Dans la biologie artificielle, il faut distinguer 1) les organismes génétiquement modifiés qui sont bien des organismes vivants, même asservis, 2) la biologie synthétique qui se borne à reconstruire synthétiquement un génome donné, ce qui réussit à recréer effectivement une bactérie bien vivante (un mammouth peut-être un jour), 3) enfin, le projet d'une vie artificielle, c'est-à-dire la création de toutes pièces d'une cellule vivante à partir d'un génome minimal, voire d'autres bases que l'ADN ou l'ARN (comme l'APN).

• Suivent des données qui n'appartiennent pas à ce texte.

//! Streams of scopes: their bytes, the strict walk over them, and the counts that it gives.

mod buffered;
mod device;
mod form;
mod info;
mod parts;
mod range;
mod reader;
mod record;
mod scope;
mod scope_id;
mod spelling;
mod stream;
mod transfer;
mod visit;
mod walk;

pub use buffered::Buffered;
pub use device::{Counted, Drain, Source};
pub use form::Form;
pub use info::{StreamInfo, StreamInfoRef};
pub use parts::{read_byte, read_counted_part, read_length, read_part, read_up_to};
pub use range::is_valid_range;
pub use reader::{Reader, text_of};
pub use record::{Scope, ScopeRecord};
pub use scope::{BEGIN_LIMIT, END_SIZE, RawScope};
pub use scope_id::ScopeId;
pub use stream::Stream;
pub use transfer::{read_to_end, write_all};
pub use visit::{Visitor, walk_with};
pub use walk::{Walk, walk_forest};
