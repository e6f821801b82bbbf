//! Encodes the values of a packet as bytes, and decodes them: values are appended to a vector, and read from the front of a
//! slice. A number has one layout, the shortest, and no value's layout is a prefix of another's. `docs/FORMAT.md` lists the
//! layouts.

mod cursor;
mod front;
mod put;

/// The byte before a number of two bytes. Numbers less than this are themselves stored as one byte.
const TWO_BYTES_MARK: u8 = 251;
/// The byte before a number of four bytes.
const FOUR_BYTES_MARK: u8 = 252;
/// The byte before a number of eight bytes.
const EIGHT_BYTES_MARK: u8 = 253;

pub use cursor::Cursor;
pub use put::{put_bytes, put_i64, put_text, put_u8, put_u32, put_u64};
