// A read came back with its page.
fn hear_read(
    state: &mut State,
    lender: Lender,
    caller: Caller,
    page: Page,
    msg: &Msg,
    bytes: &[u8],
) -> Option<Answer>
    requires lender { lender.0 < MOST_LENDERS }
    requires caller { caller.0 < state.old.device.sizes.callers }
    requires page { page.0 < pages_of state.old.device.sizes }
    requires bytes { length bytes.now ≡ state.old.device.sizes.page_bytes }
    requires waiting { is_waiting (calls_state_of state.old.device.calls caller) ≡ true }
    requires flying { 0
        < flying_of (state_for state.old.device.sizes state.old.device.remote.slabs page) }
    ensures heard { IsHeard
        (read_answered state.old.device lender caller page bytes.now (read_reply msg.now))
        state.old.device state.new.device result }
    ensures may { MayFollow state.old.device.sizes result }
    ensures spare { state.new.spare ≡ state.old.spare }
    ensures history { state.new.device.history ≡ state.old.device.history }
{
    let (lease, place) = read_reply(msg)?;
    if !state.names_page(lender, page, lease, place) {
        return None;
    }
    Some(giving_back(state.brought(lender, caller, page, bytes)))
}

// Hears a message that answers the oldest request of its link.
fn hear_answer(state: &mut State, lender: Lender, msg: &Msg, bytes: &[u8]) -> Option<Answer>
    requires lender { lender.0 < MOST_LENDERS }
    requires bytes { length bytes.now ≡ state.old.device.sizes.page_bytes }
    requires front { IsServed state.old.device lender
        (rings.oldest (rings.ring_of state.old.device.remote.links lender)) }
    ensures heard { IsHeard
        (answered_of state.old.device lender msg.now bytes.now
        (rings.oldest (rings.ring_of state.old.device.remote.links lender)))
        state.old.device state.new.device result }
    ensures may { MayFollow state.old.device.sizes result }
    ensures spare { state.new.spare ≡ state.old.spare }
    ensures history { state.new.device.history ≡ state.old.device.history }
{
    match state.oldest(lender) {
        None => None,
        Some(Request::Query { slab }) => hear_query(state, lender, slab, msg),
        Some(Request::Borrow { slab }) => hear_borrow(state, lender, slab, msg),
        Some(Request::Write { page, entry }) => hear_write(state, lender, page, entry, msg),
        Some(Request::Read { caller, page }) => {
            hear_read(state, lender, caller, page, msg, bytes)
        }
    }
}

// A lender asks for the rate of a slab.
fn tell_rate(state: &State, lender: Lender, lease: Lease) -> Option<Answer>
    requires lender { lender.0 < MOST_LENDERS }
    ensures heard { IsHeard
        (rate_told state.now.device lease
        (mapped_by state.now.device.remote.slabs lender lease))
        state.now.device state.now.device result }
    ensures may { MayFollow state.now.device.sizes result }
{
    let slab = state.mapped_by(lender, lease)?;
    let value = state.rate_of(slab);
    Some(Answer {
        word: Some(Msg::Rates { lease, value }),
        choice: None,
    })
}

// A lender takes a slab back.
fn evict(state: &mut State, lender: Lender, lease: Lease) -> Option<Answer>
    requires lender { lender.0 < MOST_LENDERS }
    ensures heard { IsHeard
        (heard_evict state.old.device (mapped_by state.old.device.remote.slabs lender lease))
        state.old.device state.new.device result }
    ensures may { MayFollow state.old.device.sizes result }
    ensures spare { state.new.spare ≡ state.old.spare }
    ensures history { state.new.device.history ≡ state.old.device.history }
{
    let slab = state.mapped_by(lender, lease)?;
    Some(giving_back(state.evict(slab)))
}

// Hears a message, where it is allowed.
fn hear(state: &mut State, lender: Lender, msg: &Msg, bytes: &[u8]) -> Option<Answer>
    requires lender { lender.0 < MOST_LENDERS }
    requires bytes { length bytes.now ≡ state.old.device.sizes.page_bytes }
    requires front { IsServed state.old.device lender
        (rings.oldest (rings.ring_of state.old.device.remote.links lender)) }
    ensures heard { IsHeard
        (heard_of state.old.device lender msg.now bytes.now
        (rings.oldest (rings.ring_of state.old.device.remote.links lender)))
        state.old.device state.new.device result }
    ensures may { MayFollow state.old.device.sizes result }
    ensures spare { state.new.spare ≡ state.old.spare }
    ensures history { state.new.device.history ≡ state.old.device.history }
{
    if let Some(lease) = rate_asked(msg) {
        return tell_rate(state, lender, lease);
    }
    if let Some(lease) = taken_back(msg) {
        return evict(state, lender, lease);
    }
    hear_answer(state, lender, msg, bytes)
}
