use dali_lagrange::{Kept, Point};
use dali_problem::Partial;

/// What a search works with, made once for a problem.
#[derive(Drop)]
pub(crate) struct Desk {
    /// The partial choice of the node that is looked at.
    pub(crate) partial: Partial,
    /// The one in which all places are undecided.
    pub(crate) whole: Partial,
    /// Room for the multipliers of a Sum.
    pub(crate) point: Point,
    /// Reduced values at a node's multipliers.
    pub(crate) kept: Kept,
    /// How many flips for each undecided place a guess makes; none where this is 0.
    pub(crate) flips_each: u64,
    /// Whether the root is looked at, whose multipliers are guessed too.
    pub(crate) is_root: bool,
}
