ghost use Rattle.std.specs.Prelude.{◌≡◌, ℕ, ◌*◌, ◌+◌, ◌^◌, ◌<◌, ◌≤◌, ℤ, pos, ◌≤ℤ◌, ◌<ℤ◌, true, length, IfSome, IfNone, false, IsTrue};
ghost use Rattle.dali_base.specs.Limits.{most_bound};
ghost use Rattle.dali_problem.specs.Kept.{IsOf};
ghost use Rattle.dali_problem.specs.Rules.{is_short};
ghost use Rattle.dali_lagrange.specs.Bound.{sum_of};
ghost use Rattle.dali_lagrange.specs.Limits.{scale};
ghost use Rattle.dali_lagrange.specs.Multipliers.{AreMultipliers, multiplier};
ghost use Rattle.dali_check.specs.Proves.{closes};
ghost use Rattle.dali_check.specs.Lean.{reaches};

use dali_lagrange::limits::SCALE;
use dali_lagrange::{Point, sum};
use dali_problem::{Partial, Problem};
use dali_tree::Lam;

/// The bound of multipliers whose Sum is at most that of all multipliers 0, in centavos, and 0 where the Sum is below 0.
pub(crate) fn bound(problem: &Problem, partial: &Partial, lam: &Lam, point: &mut Point) -> u64
    requires of { IsOf problem.now partial.now }
    requires point { length point.old ≡ length problem.now.lines }
    requires lam { AreMultipliers (length problem.now.lines) lam.now }
    requires under { sum_of problem.now partial.now.marks (multiplier lam.now) ≤ℤ sum_of problem.now partial.now.marks (λ _. 0) }

    // the multipliers that were settled
    ensures point { length point.new ≡ length point.old }

    // the bound that they prove
    ensures small { result ≤ most_bound }
    ensures above { closes problem.now result lam.now partial.now.marks ≡ true }
    ensures least { 0 < result → reaches problem.now result lam.now partial.now.marks ≡ true }
{
    let _items = problem.items();
    floor(&sum_of_lam(problem, partial, lam, point))
}

/// The Sum of these multipliers.
pub(crate) fn sum_of_lam(problem: &Problem, partial: &Partial, lam: &Lam, point: &mut Point) -> i128
    requires of { IsOf problem.now partial.now }
    requires point { length point.old ≡ length problem.now.lines }
    requires lam { AreMultipliers (length problem.now.lines) lam.now }
    ensures point { length point.new ≡ length point.old }
    ensures exact { result ≡ sum_of problem.now partial.now.marks (multiplier lam.now) }
{
    point.load(lam);
    sum(problem, partial, point)
}

/// Whether the Sum of these multipliers is at most that of the others.
pub(crate) fn is_at_most(
    problem: &Problem,
    partial: &Partial,
    lam: &Lam,
    other: &Lam,
    point: &mut Point,
) -> bool
    requires of { IsOf problem.now partial.now }
    requires point { length point.old ≡ length problem.now.lines }
    requires lam { AreMultipliers (length problem.now.lines) lam.now }
    requires other { AreMultipliers (length problem.now.lines) other.now }
    ensures point { length point.new ≡ length point.old }
    ensures told { IsTrue result → sum_of problem.now partial.now.marks (multiplier lam.now) ≤ℤ sum_of problem.now partial.now.marks (multiplier other.now) }
{
    let sum = sum_of_lam(problem, partial, lam, point);
    let above = sum_of_lam(problem, partial, other, point);
    is_least(&sum, &above)
}

#[tactic(auto, using(std::proofs::lemmas::Int::ints))]
fn is_least(sum: &i128, other: &i128) -> bool
    ensures { IsTrue result → sum.now ≤ℤ other.now }
{
    *sum <= *other
}

/// How many whole centavos a Sum has.
fn floor(sum: &i128) -> u64
    requires { sum.now ≤ℤ pos (scale * most_bound) }
    ensures small { result ≤ most_bound }
    ensures above { sum.now <ℤ pos (scale * (result + 1)) }
    ensures least { 0 < result → pos (scale * result) ≤ℤ sum.now }
{
    if *sum < 0 {
        return 0;
    }
    (*sum as u128 / SCALE as u128) as u64
}

/// The first line that is short.
pub(crate) fn first_short(problem: &Problem, partial: &Partial) -> Option<u32>
    requires { IsOf problem.now partial.now }
    ensures within { IfSome result (λ line. line < length problem.now.lines) }
    ensures short { IfSome result (λ line. is_short problem.now partial.now.marks line ≡ true) }
    ensures none { IfNone result ((l : ℕ) → l < length problem.now.lines → is_short problem.now partial.now.marks l ≡ false) }
{
    for line in 0..problem.lines() {
        if partial.is_short(line) {
            return Some(line);
        }
    }
    None
}
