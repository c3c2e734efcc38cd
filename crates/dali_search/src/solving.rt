ghost use Rattle.std.specs.Prelude.{◌≡◌, ◌+◌, ◌^◌, ◌<◌, ◌≤◌, ◌∷◌, [], true, max, length, IfOk, OnOk};
ghost use Rattle.dali_base.specs.Limits.{most_budget};
ghost use Rattle.dali_problem.specs.Feasible.{value_of};
ghost use Rattle.dali_tree.specs.Fits.{Fits};
ghost use Rattle.dali_check.specs.Allowed.{Allowed};
ghost use Rattle.dali_check.specs.Lean.{is_open};
ghost use Rattle.dali_check.specs.Parts.{bound_of};
ghost use Rattle.dali_search.specs.Best.{IsBest};
ghost use Rattle.dali_search.specs.Nodes.{node_at, total_at};
ghost use Rattle.dali_search.specs.Searched.{IsSearched};
ghost use Rattle.dali_search.specs.Sides.{IsDesk, IsSplitAt, IsOpenEnd, lam_of};
ghost use Rattle.dali_search.specs.Start.{all_places, start_of};
ghost use Rattle.dali_search.specs.Whole.{IsWhole};

use crate::arena::Arena;
use crate::best::Best;
use crate::branch::branch;
use crate::build::tree_of;
use crate::descend::descend;
use crate::desk::Desk;
use crate::guess::flips_behind;
use crate::leaf::leaf;
use crate::node::{Node, NodeEnd};
use crate::offer::first_best;
use crate::places::{all_places, new_desk, reset};
use crate::split::Split;
use dali_base::{OutOfMemory, Places, Seq};
use dali_problem::Problem;
use dali_tree::{Choice, Part, Parts};
use std::alloc::Global;

/// A choice that fits the problem and is allowed for it and this budget of branchings, at most 4,096, by `Fits` of
/// `dali_tree` and `Allowed` of `dali_check`. Its one part has all places as members; an empty problem has the choice
/// without parts. Answers only want of memory but Ok.
///
/// Where the budget is at least 2^m - 1, for m items, no set is worth more than the choice's.
pub fn solve(alloc: Global, problem: &Problem, budget: u64) -> Result<Choice, OutOfMemory>
    requires { budget ≤ most_budget }
    ensures fits { IfOk result (λ choice. Fits (length problem.now.items) (length problem.now.lines) choice) }
    ensures allowed { IfOk result (λ choice. Allowed problem.now budget choice) }
    ensures whole { IfOk result (λ choice. IsWhole (length problem.now.items) choice) }
    ensures best { IfOk result (λ choice. 2 ^ length problem.now.items ≤ budget + 1 → value_of problem.now choice.places ≡ bound_of choice.parts) }
{
    if problem.items() == 0 {
        return Ok(Choice {
            places: Seq::new(alloc),
            parts: Seq::new(alloc),
        });
    }
    let members = all_places(alloc, problem)?;
    let mut desk = new_desk(alloc, problem, &members)?;
    let mut best = first_best(alloc, problem, &desk.whole)?;
    let mut arena = root(alloc, problem, &mut desk, &mut best)?;
    'search: while arena.branches() < budget && arena.greatest() > best.value {
        step(alloc, problem, &mut arena, &mut desk, &mut best)?;
    }
    let choice = conclude(alloc, problem, budget, members, &arena, best)?;
    Ok(choice)
}

/// The arena of the root.
fn root(
    alloc: Global,
    problem: &Problem,
    desk: &mut Desk,
    best: &mut Best,
) -> Result<Arena, OutOfMemory>
    requires desk { IsDesk problem.now desk.old }
    requires start { desk.old.partial.marks ≡ start_of problem.now }
    requires best { IsBest problem.now best.old }

    // the desk, and the best set
    ensures desk { OnOk result (IsDesk problem.now desk.new) }
    ensures start { OnOk result (desk.new.partial.marks ≡ start_of problem.now) }
    ensures best { IsBest problem.now best.new }

    // the arena that is made
    ensures searched { IfOk result (λ arena. IsSearched problem.now best.new.value arena.nodes.items arena.totals.items) }
    ensures none { IfOk result (λ arena. (total_at arena.totals.items 0).branches ≡ 0) }
{
    let node = leaf(alloc, problem, 0, &Seq::new(alloc), desk, best)?;
    let arena = Arena::new(alloc, node)?;
    Ok(arena)
}

/// Branches the open node of greatest bound.
fn step(
    alloc: Global,
    problem: &Problem,
    arena: &mut Arena,
    desk: &mut Desk,
    best: &mut Best,
) -> Result<(), OutOfMemory>
    requires desk { IsDesk problem.now desk.old }
    requires start { desk.old.partial.marks ≡ start_of problem.now }
    requires best { IsBest problem.now best.old }
    requires searched { IsSearched problem.now best.old.value arena.old.nodes.items arena.old.totals.items }
    requires above { best.old.value < (total_at arena.old.totals.items 0).greatest }
    requires few { (total_at arena.old.totals.items 0).branches < most_budget }

    // the desk, and the best set
    ensures desk { OnOk result (IsDesk problem.now desk.new) }
    ensures start { OnOk result (desk.new.partial.marks ≡ start_of problem.now) }
    ensures best { IsBest problem.now best.new }

    // the arena then
    ensures searched { OnOk result (IsSearched problem.now best.new.value arena.new.nodes.items arena.new.totals.items) }
    ensures more { OnOk result ((total_at arena.new.totals.items 0).branches ≡ (total_at arena.old.totals.items 0).branches + 1) }
{
    let _items = problem.items();
    desk.flips_each = flips_behind(arena.branches());
    desk.is_root = false;
    let nodes = arena.nodes.as_slice();
    let totals = arena.totals.as_slice();
    let at = descend(problem, nodes, totals, &mut desk.partial);
    let split = branch_at(alloc, problem, at, nodes, desk, best)?;
    reset(problem, &mut desk.partial);
    arena.add(at, split)?;
    Ok(())
}

/// Branches an open node, whose partial choice is on the desk and is put back.
fn branch_at(
    alloc: Global,
    problem: &Problem,
    at: u32,
    nodes: &[Node],
    desk: &mut Desk,
    best: &mut Best,
) -> Result<Split, OutOfMemory>
    requires desk { IsDesk problem.now desk.old }
    requires at { at < length nodes.now }
    requires open { IsOpenEnd problem.now (node_at nodes.now at).end }
    requires some { is_open problem.now desk.old.partial.marks ≡ true }
    requires best { IsBest problem.now best.old }

    // the desk, and the best set
    ensures desk { OnOk result (IsDesk problem.now desk.new) }
    ensures marks { OnOk result (desk.new.partial.marks ≡ desk.old.partial.marks) }
    ensures best { IsBest problem.now best.new }
    ensures not_worse { best.old.value ≤ best.new.value }

    // the branch that is made
    ensures split { IfOk result (λ split. IsSplitAt problem.now best.new.value at desk.old.partial.marks (lam_of (node_at nodes.now at).end) split) }
{
    match &nodes[at as usize].end {
        NodeEnd::Open { lam, .. } => branch(alloc, problem, at, lam, desk, best),
        _ => unreachable!(),
    }
}

/// The choice of a search that has ended.
fn conclude(
    alloc: Global,
    problem: &Problem,
    budget: u64,
    members: Places,
    arena: &Arena,
    best: Best,
) -> Result<Choice, OutOfMemory>
    requires some { 0 < length problem.now.items }
    requires members { members ≡ all_places (length problem.now.items) }
    requires best { IsBest problem.now best }
    requires searched { IsSearched problem.now best.value arena.now.nodes.items arena.now.totals.items }
    requires within { (total_at arena.now.totals.items 0).branches ≤ budget }
    requires ended { (total_at arena.now.totals.items 0).branches < budget → (total_at arena.now.totals.items 0).greatest ≤ best.value }

    // the choice that is answered
    ensures fits { IfOk result (λ choice. Fits (length problem.now.items) (length problem.now.lines) choice) }
    ensures allowed { IfOk result (λ choice. Allowed problem.now budget choice) }
    ensures whole { IfOk result (λ choice. IsWhole (length problem.now.items) choice) }
    ensures least { IfOk result (λ choice. value_of problem.now choice.places ≤ bound_of choice.parts) }
{
    let _items = problem.items();
    let bound = tree_bound(arena, best.value);
    let tree = tree_of(alloc, arena.nodes.as_slice(), 0)?;
    let parts = one_part(
        alloc,
        Part {
            members,
            bound,
            tree,
        },
    )?;
    Ok(Choice {
        places: best.places,
        parts,
    })
}

/// The bound of the tree, where the best set is worth so much, in centavos.
fn tree_bound(arena: &Arena, value: u64) -> u64
    requires { 0 < length arena.now.totals.items }
    ensures { result ≡ max value (total_at arena.now.totals.items 0).greatest }
{
    value.max(arena.greatest())
}

/// A list of one part.
fn one_part(alloc: Global, part: Part) -> Result<Parts, OutOfMemory>
    ensures { IfOk result (λ parts. parts ≡ part ∷ []) }
{
    let mut parts = Seq::new(alloc);
    parts.push(part)?;
    Ok(parts)
}
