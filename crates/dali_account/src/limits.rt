//! The limits of a book, each once. They are defined in `specs/Limits.antt`, and `hold` says that each constant is the limit
//! of its name.
ghost use Rattle.std.specs.Prelude.{◌≡◌};
ghost use Rattle.dali_account.specs.Limits.{most_accounts, most_codes};

/// The most accounts.
pub const MOST_ACCOUNTS: u32 = 1000;

/// The most codes, without `MXN`.
pub const MOST_CODES: u32 = 1000;

/// Does nothing. It stands for its clauses: each constant is the limit of its name, so one that is one less or one more
/// is refused here.
pub fn hold()
    ensures accounts { MOST_ACCOUNTS ≡ most_accounts }
    ensures codes { MOST_CODES ≡ most_codes }
{}
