ghost use Rattle.std.specs.Prelude.{◌≤◌};
ghost use Rattle.dali_search.specs.Best.{IsBest};
ghost use Rattle.dali_search.specs.Sides.{IsDesk};

use crate::best::Best;
use crate::desk::Desk;
use crate::offer::suggest;
use dali_base::OutOfMemory;
use dali_guess::{flips, repaired};
use dali_problem::Problem;
use dali_tree::Lam;
use std::alloc::Global;

/// How many flips for each undecided place the guess at the root makes.
pub(crate) const FLIPS_AT_ROOT: u64 = 200;

/// How many the guess at another node makes.
const FLIPS_AT_NODE: u64 = 20;

/// How many flips for each undecided place the guesses make at the sides of the branch behind so many: each fifth one
/// guesses, and each fortieth from the fortieth on.
pub(crate) fn flips_behind(branches: u64) -> u64 {
    let every = if branches < 40 { 5 } else { 40 };
    if branches % every == every - 1 {
        FLIPS_AT_NODE
    } else {
        0
    }
}

/// Guesses a set that agrees with the partial choice on the desk, where one may be worth more than the best one, which is
/// where the guess begins; and keeps it where it is. At the root a set is first repaired at its multipliers.
pub(crate) fn guess(
    alloc: Global,
    problem: &Problem,
    desk: &Desk,
    lam: &Lam,
    bound: u64,
    best: &mut Best,
) -> Result<(), OutOfMemory>
    requires desk { IsDesk problem.now desk.now }
    requires best { IsBest problem.now best.old }
    ensures best { IsBest problem.now best.new }
    ensures not_worse { best.old.value ≤ best.new.value }
{
    if desk.flips_each == 0 || bound <= best.value {
        return Ok(());
    }
    if desk.is_root {
        let set = repaired(alloc, problem, &desk.partial, lam)?;
        suggest(alloc, problem, &desk.whole, &set, best)?;
    }
    let set = flips(alloc, problem, &desk.partial, &best.places, desk.flips_each)?;
    suggest(alloc, problem, &desk.whole, &set, best)
}
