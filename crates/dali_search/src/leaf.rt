ghost use Rattle.std.specs.Prelude.{◌≡◌, ℕ, ◌<◌, ◌≤◌, length, slice_set, if◌then◌else◌, IfOk, OnOk};
ghost use Rattle.dali_problem.specs.declared.mark.Mark.TheVariants.{Undecided, Chosen, Left};
ghost use Rattle.dali_problem.specs.Partial.{mark};
ghost use Rattle.dali_lagrange.specs.Multipliers.{AreMultipliers};
ghost use Rattle.dali_reduce.specs.Reduced.{IsDone};
ghost use Rattle.dali_search.specs.Best.{IsBest};
ghost use Rattle.dali_search.specs.Sides.{IsDesk, LeafHolds, IsLeafAt, IsBelow};
ghost use Rattle.dali_search.specs.Nodes.{leaf_bound};

use crate::best::Best;
use crate::bound::{bound, first_short};
use crate::desk::Desk;
use crate::guess::guess;
use crate::multipliers::settle_well;
use crate::node::{Node, NodeEnd};
use crate::offer::offer;
use dali_base::OutOfMemory;
use dali_fixes::undo;
use dali_problem::Problem;
use dali_reduce::reduce;
use dali_tree::Lam;
use std::alloc::Global;

/// The side of a branch on which its place is chosen, or left.
pub(crate) fn side(
    alloc: Global,
    problem: &Problem,
    above: u32,
    place: u32,
    chosen: bool,
    start: &Lam,
    desk: &mut Desk,
    best: &mut Best,
) -> Result<Node, OutOfMemory>
    requires desk { IsDesk problem.now desk.old }
    requires undecided { mark desk.old.partial.marks place ≡ Undecided }
    requires start { AreMultipliers (length problem.now.lines) start.now }
    requires best { IsBest problem.now best.old }

    // the desk, and the best set
    ensures desk { OnOk result (IsDesk problem.now desk.new) }
    ensures marks { OnOk result (desk.new.partial.marks ≡ desk.old.partial.marks) }
    ensures best { IsBest problem.now best.new }
    ensures not_worse { best.old.value ≤ best.new.value }

    // the node that is made
    ensures above { IfOk result (λ node. node.above ≡ above) }
    ensures leaf { IfOk result (λ node. IsLeafAt problem.now best.new.value (slice_set desk.old.partial.marks place (if chosen then Chosen else Left)) node) }
    ensures below { IfOk result (λ node. IsBelow problem.now start.now desk.old.partial.marks (leaf_bound node.end)) }
{
    desk.partial.fix(problem, place, chosen);
    let node = leaf(alloc, problem, above, start, desk, best)?;
    desk.partial.free(problem, place);
    Ok(node)
}

/// The node of this partial choice, which is put back.
pub(crate) fn leaf(
    alloc: Global,
    problem: &Problem,
    above: u32,
    start: &Lam,
    desk: &mut Desk,
    best: &mut Best,
) -> Result<Node, OutOfMemory>
    requires desk { IsDesk problem.now desk.old }
    requires start { AreMultipliers (length problem.now.lines) start.now }
    requires best { IsBest problem.now best.old }

    // the desk, and the best set
    ensures desk { OnOk result (IsDesk problem.now desk.new) }
    ensures marks { OnOk result (desk.new.partial.marks ≡ desk.old.partial.marks) }
    ensures best { IsBest problem.now best.new }
    ensures not_worse { best.old.value ≤ best.new.value }

    // the node that is made
    ensures above { IfOk result (λ node. node.above ≡ above) }
    ensures leaf { IfOk result (λ node. IsLeafAt problem.now best.new.value desk.old.partial.marks node) }
    ensures below { IfOk result (λ node. IsBelow problem.now start.now desk.old.partial.marks (leaf_bound node.end)) }
{
    let fixes = reduce(alloc, problem, &mut desk.partial)?;
    let end = finish(alloc, problem, start, desk, best)?;
    undo(problem, fixes.as_slice(), &mut desk.partial);
    Ok(Node { above, fixes, end })
}

/// How a node ends whose fixes were taken.
fn finish(
    alloc: Global,
    problem: &Problem,
    start: &Lam,
    desk: &mut Desk,
    best: &mut Best,
) -> Result<NodeEnd, OutOfMemory>
    requires desk { IsDesk problem.now desk.old }
    requires done { IsDone problem.now desk.old.partial.marks }
    requires start { AreMultipliers (length problem.now.lines) start.now }
    requires best { IsBest problem.now best.old }

    // the desk, and the best set
    ensures desk { OnOk result (IsDesk problem.now desk.new) }
    ensures partial { OnOk result (desk.new.partial ≡ desk.old.partial) }
    ensures best { IsBest problem.now best.new }
    ensures not_worse { best.old.value ≤ best.new.value }

    // the end that is made
    ensures holds { IfOk result (λ end. LeafHolds problem.now best.new.value desk.old.partial.marks end) }
    ensures below { IfOk result (λ end. IsBelow problem.now start.now desk.old.partial.marks (leaf_bound end)) }
{
    if let Some(line) = first_short(problem, &desk.partial) {
        return Ok(NodeEnd::Pruned { line });
    }
    let lam = settle_well(
        alloc,
        problem,
        &desk.partial,
        start,
        desk.is_root,
        best.value,
        &mut desk.point,
    )?;
    let bound = bound(problem, &desk.partial, &lam, &mut desk.point);
    guess(alloc, problem, desk, &lam, bound, best)?;
    offer(alloc, problem, &desk.partial, &desk.whole, best)?;
    Ok(NodeEnd::Open { lam, bound })
}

On n'y est pas du tout mais l'intéressant, c'est que cela pose par avance la question de la création d'une nouvelle forme de vie car on peut être à peu près sûr que cette vie artificielle n'aura rien à voir avec la vraie vie. En effet, la vie c'est l'évolution alors qu'une vie artificielle se doit de ne pas évoluer, ou à la marge, afin de pouvoir répondre à nos impératifs techniques. Plutôt que des organismes vivants, ce ne sont que des machines biologiques, éventuellement programmables, qu'on devrait arriver à produire ainsi. Rien de vraiment vivant donc car la vie ne se réduit ni à la reproduction, ni au métabolisme alors qu'elle est plasticité, processus de transformation par interaction avec son milieu. Une vie sans évolution, c'est comme une intelligence incapable d'apprentissage, un contresens. Il n'y a pas de vie coupée de ses origines, sans une histoire qu'elle continue (héritage génétique) ni sans un monde qu'elle habite et qui la constitue (diachronie et synchronie).
On peut définir la vie de différentes façons dont aucune n'est entièrement satisfaisante. Selon la NASA, est vivant tout système capable de s'auto-entretenir et de se reproduire en fabriquant ses propres constituants. Une autre définition courante consiste à définir la vie par ses flux d'énergie, de matière et d'information. C'est le point de vue systémique mais qui rate lui aussi l'essentiel de ce qui fait le vivant : sa capacité d'adaptation et d'évolution.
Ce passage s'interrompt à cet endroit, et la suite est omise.